Data records
*** Block opens ***
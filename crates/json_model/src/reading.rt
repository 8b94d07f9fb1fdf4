//! The values and fields that trees spell.

ghost use Rattle.std.specs.Prelude.{◌≡◌, ◌≢◌, ◌≤◌, ◌⊎◌, ℕ, List, [], true, Some, Ok, Err, IfOk, IfErr};
ghost use Rattle.serde_json.specs.View.{view};
ghost use Rattle.value_model.specs.Data.{Entries, items_of, depth, items_depth, entries_depth};
ghost use Rattle.value_model.specs.Storable.{IsStorable, AreStorableItems, AreStorable, IsStorableKey};
ghost use Rattle.json_model.specs.declared.place.Place.TheVariants as places;
ghost use Rattle.json_model.specs.declared.place.Object.TheVariants as objects;
ghost use Rattle.json_model.specs.declared.place.Series.TheVariants as serieses;
ghost use Rattle.json_model.specs.declared.fault.JsonFault.TheVariants as json_fault;
ghost use Rattle.json_model.specs.Clean.{IsClean};
ghost use Rattle.json_model.specs.Faults.{IsFault, FieldsFaults, NameFaults, max_nesting};
ghost use Rattle.json_model.specs.Grammar.{SpellsScalar, SpellsValue, SpellsKind, SpellsList, SpellsFields, SpellsName, is_scalar, is_kind};
ghost use Rattle.json_model.specs.Printed.{printed_fields};

use crate::clean::{check, clean_choice, clean_list, clean_member, clean_object};
use crate::fault::JsonFault;
use crate::members::lone_scalar;
use crate::names::read_key;
use crate::place::{Leaf, Object, Place, Series};
use crate::scalars::read_scalar;
use crate::setting::Setting;
use crate::side::Side;
use crate::table::value_member;
use crate::texts::{show_key, show_text};
use document_keys::{Database, DocumentKey, NoMemory, Text};
use serde_json::{Map, Value as Json};
use std::alloc::Global;
use value_model::{Fields, Value};

/// How many arrays and maps may nest in a field's value.
pub const MAX_NESTING: u64 = 20;

/// The scalar that stands under the name of its kind.
fn build_scalar(
    alloc: Global,
    _setting: &Setting<'_>,
    leaf: Leaf,
    json: &Json,
) -> Result<Value, NoMemory>
    requires scalar { is_scalar leaf ≡ true }
    requires clean { IsClean _setting.now (places.Leaf leaf) (view json.now) }
    ensures found { IfOk result (λ v. SpellsScalar leaf (view json.now) v) }
    ensures storable { IfOk result IsStorable }
{
    match read_scalar(alloc, leaf, json)? {
        Some(value) => Ok(value),
        None => unreachable!(),
    }
}

/// The value that a tree without faults spells.
///
/// # Errors
/// `NoMemory`
#[cycle(build)]
pub fn clean_value(alloc: Global, setting: &Setting<'_>, json: &Json) -> Result<Value, NoMemory>
    requires { IsClean setting.now (places.Object objects.Value) (view json.now) }
    ensures value { IfOk result (λ v. SpellsValue (view json.now) v) }
    ensures storable { IfOk result IsStorable }
    ensures deep { IfOk result (λ v. depth v ≤ max_nesting) }
{
    let members = clean_object(setting, Object::Value, json);
    if let Some(scalar) = lone_scalar(Object::Value, members) {
        return build_scalar(alloc, setting, scalar.leaf, scalar.json);
    }
    let (name, inner) = clean_choice(setting, Object::Value, members);
    build_kind(alloc, setting, value_member(name), inner)
}

/// The value that stands under the name of its kind.
#[cycle(build)]
fn build_kind(
    alloc: Global,
    setting: &Setting<'_>,
    place: Place,
    json: &Json,
) -> Result<Value, NoMemory>
    requires kind { is_kind place ≡ true }
    requires clean { IsClean setting.now place (view json.now) }
    ensures found { IfOk result (λ v. SpellsKind place (view json.now) v) }
    ensures storable { IfOk result IsStorable }
{
    match place {
        Place::Object(object) => build_nested(alloc, setting, object, json),
        Place::Leaf(leaf) => build_scalar(alloc, setting, leaf, json),
        _ => unreachable!(),
    }
}

/// The array or the map that stands under the name of its kind.
#[tactic(auto, using(crate::proofs::Built::no_other_object))]
#[cycle(build)]
fn build_nested(
    alloc: Global,
    setting: &Setting<'_>,
    object: Object,
    json: &Json,
) -> Result<Value, NoMemory>
    requires kind { is_kind (places.Object object) ≡ true }
    requires clean { IsClean setting.now (places.Object object) (view json.now) }
    ensures found { IfOk result (λ v. SpellsKind (places.Object object) (view json.now) v) }
    ensures storable { IfOk result IsStorable }
{
    match object {
        Object::Array => build_array(alloc, setting, json),
        Object::Map => build_map(alloc, setting, json),
        _ => unreachable!(),
    }
}

/// The array that stands under `arrayValue`.
#[tactic(auto, using(crate::proofs::Built::empty_array, crate::proofs::Built::full_array, crate::proofs::Stored::array_stored))]
#[cycle(build)]
fn build_array(alloc: Global, setting: &Setting<'_>, json: &Json) -> Result<Value, NoMemory>
    requires { IsClean setting.now (places.Object objects.Array) (view json.now) }
    ensures found { IfOk result (λ v. SpellsKind (places.Object objects.Array) (view json.now) v) }
    ensures storable { IfOk result IsStorable }
{
    let members = clean_object(setting, Object::Array, json);
    let Some(list) = clean_member(setting, Object::Array, members, "values") else {
        return Ok(Value::array(alloc, Vec::new(alloc))?);
    };
    let values = clean_values(alloc, setting, list)?;
    Ok(Value::array(alloc, values)?)
}

/// The values of a list without faults.
///
/// # Errors
/// `NoMemory`
#[tactic(auto, using(crate::proofs::Built::no_items))]
#[cycle(build)]
pub fn clean_values(
    alloc: Global,
    setting: &Setting<'_>,
    json: &Json,
) -> Result<Vec<Value>, NoMemory>
    requires { IsClean setting.now (places.Series serieses.Values) (view json.now) }
    ensures values { IfOk result (λ vs. SpellsList (Some (view json.now)) vs.items) }
    ensures storable { IfOk result (λ vs. AreStorableItems (items_of vs.items)) }
    ensures deep { IfOk result (λ vs. items_depth (items_of vs.items) ≤ max_nesting) }
{
    let items = clean_list(setting, Series::Values, json);
    let mut values = Vec::with_capacity(alloc, items.len())?;
    for item in items {
        let value = clean_value(alloc, setting, item)?;
        values.push(value)?;
    }
    Ok(values)
}

/// The map that stands under `mapValue`.
#[tactic(auto, using(crate::proofs::Built::empty_map, crate::proofs::Built::full_map, crate::proofs::Stored::map_stored))]
#[cycle(build)]
fn build_map(alloc: Global, setting: &Setting<'_>, json: &Json) -> Result<Value, NoMemory>
    requires { IsClean setting.now (places.Object objects.Map) (view json.now) }
    ensures found { IfOk result (λ v. SpellsKind (places.Object objects.Map) (view json.now) v) }
    ensures storable { IfOk result IsStorable }
{
    let members = clean_object(setting, Object::Map, json);
    let Some(object) = clean_member(setting, Object::Map, members, "fields") else {
        return Ok(Value::map(alloc, Fields::new(alloc))?);
    };
    let fields = clean_fields(alloc, setting, object)?;
    Ok(Value::map(alloc, fields)?)
}

/// The fields that a tree without faults spells.
///
/// # Errors
/// `NoMemory`
#[cycle(build)]
pub fn clean_fields(alloc: Global, setting: &Setting<'_>, json: &Json) -> Result<Fields, NoMemory>
    requires { IsClean setting.now (places.Object objects.Fields) (view json.now) }
    ensures fields { IfOk result (λ fields. SpellsFields (view json.now) fields) }
    ensures storable { IfOk result AreStorable }
    ensures deep { IfOk result (λ fields. entries_depth fields ≤ max_nesting) }
{
    let members = clean_object(setting, Object::Fields, json);
    let mut fields = Fields::with_capacity(alloc, members.len())?;
    for (key, member) in members {
        if member.is_null() {
            continue;
        }
        let name = key.as_str();
        let value = clean_value(alloc, setting, member)?;
        show_text(name);
        let name = Text::from_str(alloc, name)?;
        fields.put(alloc, name, value)?;
    }
    let _count = fields.len();
    Ok(fields)
}

/// The fields that the tree spells: an object of values, in each of which at most 20 arrays and maps nest. References name
/// documents of any database. The tree then has no fault. Of the printed tree of fields that can be stored, these.
///
/// # Errors
/// The first fault of the least kind, in the walk through the tree: members in byte order of their names, lists in order. A
/// wrong shape of the tree itself names `fields`. Or `NoMemory`.
pub fn read_fields(
    alloc: Global,
    root: &Database,
    side: Side,
    json: &Json,
) -> Result<Fields, JsonFault>
    ensures fields { IfOk result (λ fields. SpellsFields (view json.now) fields) }
    ensures storable { IfOk result AreStorable }
    ensures deep { IfOk result (λ fields. entries_depth fields ≤ max_nesting) }
    ensures clean { IfOk result (λ _. FieldsFaults (record { side = side; root = root.now })
        (view json.now) []) }
    ensures fault { IfErr result (λ fault. IsFault
        (FieldsFaults (record { side = side; root = root.now }) (view json.now)) fault) }
    ensures printed { (fields : Entries) → AreStorable fields → entries_depth fields ≤ max_nesting
        → view json.now ≡ printed_fields fields → (result ≡ Ok fields)
        ⊎ (result ≡ Err json_fault.NoMemory) }
{
    let setting = Setting { side, root };
    let place = Place::Object(Object::Fields);
    if let Err(fault) = check(alloc, &setting, MAX_NESTING, place, "fields", json) {
        return Err(fault);
    }
    let fields = clean_fields(alloc, &setting, json)?;
    Ok(fields)
}

/// The key of the document that the tree names under the root.
#[tactic(auto, using(crate::proofs::Answered::name_fault, crate::proofs::Answered::no_text_fault))]
fn named_key(alloc: Global, root: &Database, json: &Json) -> Result<DocumentKey, JsonFault>
    ensures name { IfOk result (λ key. SpellsName root.now (view json.now) key) }
    ensures storable { IfOk result IsStorableKey }
    ensures fault { IfErr result (λ fault. IsFault (NameFaults root.now (view json.now)) fault) }
{
    let Some(text) = json.as_str() else {
        return Err(JsonFault::BadShape(Text::from_str(alloc, "name")?));
    };
    let key = match read_key(alloc, root, text) {
        Ok(key) => key,
        Err(fault) => return Err(fault),
    };
    show_key(&key);
    Ok(key)
}

/// The key of the document that the tree names under the root. Both sides write names alike. The tree then has no fault as a
/// name.
///
/// # Errors
/// `BadShape` of `name` where the tree is no text, `BadName` as `DocumentKey::read` says: the tree then names no document
/// under the root. Or `NoMemory`.
#[tactic(auto, using(crate::proofs::Answered::name_clean, crate::proofs::Answered::names_none))]
pub fn read_name(
    alloc: Global,
    root: &Database,
    _side: Side,
    json: &Json,
) -> Result<DocumentKey, JsonFault>
    ensures name { IfOk result (λ key. SpellsName root.now (view json.now) key) }
    ensures storable { IfOk result IsStorableKey }
    ensures fault { IfErr result (λ fault. IsFault (NameFaults root.now (view json.now)) fault) }
    ensures clean { IfOk result (λ _. NameFaults root.now (view json.now) []) }
    ensures names_none { IfErr result (λ fault. fault ≢ json_fault.NoMemory
        → (key : List (List ℕ)) → ¬ (SpellsName root.now (view json.now) key)) }
{
    named_key(alloc, root, json)
}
*** Block closes ***
What to do
Each line from the one containing "fault ≢ json_fault.NoMemory" to the close of the records must appear in the output exactly, and no other line.

Answer to this task
    ensures names_none { IfErr result (λ fault. fault ≢ json_fault.NoMemory
        → (key : List (List ℕ)) → ¬ (SpellsName root.now (view json.now) key)) }
{
    named_key(alloc, root, json)
}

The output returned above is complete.